[Collected data entries]

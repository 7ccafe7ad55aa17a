//! The events of a complete index file.

ghost use Rattle.index_state.specs.State.{contents};
ghost use Rattle.base_text.specs.Blocks.{PutsText};
ghost use Rattle.view_events.specs.Document.{behind_events, document_events, head_events, last_events};
ghost use Rattle.view_events.specs.Event.{Sends, AddsEvents, print};

use crate::bitmaps::{append_link, append_monitor};
use crate::event::Datum::{Answer, Id, Number};
use crate::event::Event::{BeginArray, BeginObject, EndArray, EndObject, EndText, EntryAt, Value};
use crate::event::Key;
use crate::event::Where::{Alone, Member};
use crate::marks::{append_end, append_table};
use crate::printer::{Printer, Text};
use crate::trees::write_tree;
use crate::undo::write_undo;
use crate::untracked::write_untracked;
use base_text::append::Appended;
use base_text::block::{put_block, put_text};
use ext_small::marks::Marks;
use index_parts::hash::ObjectId;
use index_parts::hash::io::Out;
use index_state::State;
use std::alloc::Global;
use std::io;

/// Appends the events before the entries.
#[tactic(auto, unfolding(crate::specs::Document::head_events))]
fn append_head<P: Printer>(text: &mut Text, state: &State, checksum: Option<ObjectId>) -> Appended
    ensures { AddsEvents P.spell result text.old text.new (head_events (contents state.now) checksum) }
{
    let version = Number(state.version() as u64);
    let sparse = Answer(state.is_sparse());
    text.put_all::<P>(&[
        BeginObject(Alone),
        Value(Member(Key::Version, 0, 0), version),
        Value(Member(Key::Checksum, 0, 1), Id(checksum)),
        Value(Member(Key::IsSparse, 0, 2), sparse),
        BeginArray(Member(Key::Entries, 0, 3), state.entries().len()),
    ])
}

/// Appends the file system monitor, the offset table, the end marker, and the end of the text.
#[tactic(auto, unfolding(crate::specs::Document::last_events))]
fn append_last<P: Printer>(text: &mut Text, state: &State, marks: &Marks) -> Appended
    ensures { AddsEvents P.spell result text.old text.new
        (last_events (contents state.now).extensions marks.now) }
{
    let (table, marker) = (state.had_offset_table(), state.had_end_of_index_marker());
    append_monitor::<P>(text, state.fs_monitor())?;
    append_table::<P>(text, table, &marks.table)?;
    append_end::<P>(text, marker, marks.end)?;
    text.put_all::<P>(&[EndObject(Alone), EndText])
}

/// Appends the events after the entries. Text that fills a block is written.
fn write_behind<P: Printer, W: Out>(
    text: &mut Text,
    state: &State,
    marks: &Marks,
    out: &mut W,
) -> io::Result<()>
    ensures { Sends P.spell W.Out out.old out.new result text.old text.new
        (behind_events (contents state.now).extensions marks.now) }
{
    P::put(text, EndArray(Member(Key::Entries, 0, 3)))?;
    write_tree::<P, W>(text, state.tree(), out)?;
    append_link::<P>(text, state.link())?;
    write_undo::<P, W>(text, state.resolve_undo(), out)?;
    write_untracked::<P, W>(text, state.untracked(), out)?;
    Ok(append_last::<P>(text, state, marks)?)
}

/// Writes the content of an index file as the text of a printer: its index, and the id at its end. The content of its
/// offset table and its end marker is the argument `marks`, as [`marks_of`](ext_small::marks::marks_of) reads it in the
/// file's bytes. Extensions that the library doesn't read are left out.
///
/// Text is collected in one buffer, which is written when it has more than 64 KiB.
///
/// # Errors
///
/// An error is that of the output, which has failed then, or an allocation failure of the buffer. What was written is a
/// prefix of the text.
pub fn write_document<P: Printer, W: Out>(
    alloc: Global,
    state: &State,
    checksum: Option<ObjectId>,
    marks: &Marks,
    out: &mut W,
) -> io::Result<()>
    ensures { PutsText W.Out out.old out.new result
        (print P.spell (document_events (contents state.now) checksum marks.now)) }
{
    let bytes = Vec::new(alloc);
    let mut text = Text { bytes };
    append_head::<P>(&mut text, state, checksum)?;
    for (place, entry) in state.entries().iter().enumerate() {
        P::put(&mut text, EntryAt(place, entry, entry.path(state)))?;
        put_block(&mut text.bytes, out)?;
    }
    write_behind::<P, W>(&mut text, state, marks, out)?;
    put_text(text.bytes.as_slice(), out)
}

◆ PROBLEM DESCRIPTION
Give again exactly, and only, the lines above starting at the one with "end of the text." and ending at the one with "let (table, marker)".

◆ WRITTEN RESPONSE
/// Appends the file system monitor, the offset table, the end marker, and the end of the text.
#[tactic(auto, unfolding(crate::specs::Document::last_events))]
fn append_last<P: Printer>(text: &mut Text, state: &State, marks: &Marks) -> Appended
    ensures { AddsEvents P.spell result text.old text.new
        (last_events (contents state.now).extensions marks.now) }
{
    let (table, marker) = (state.had_offset_table(), state.had_end_of_index_marker());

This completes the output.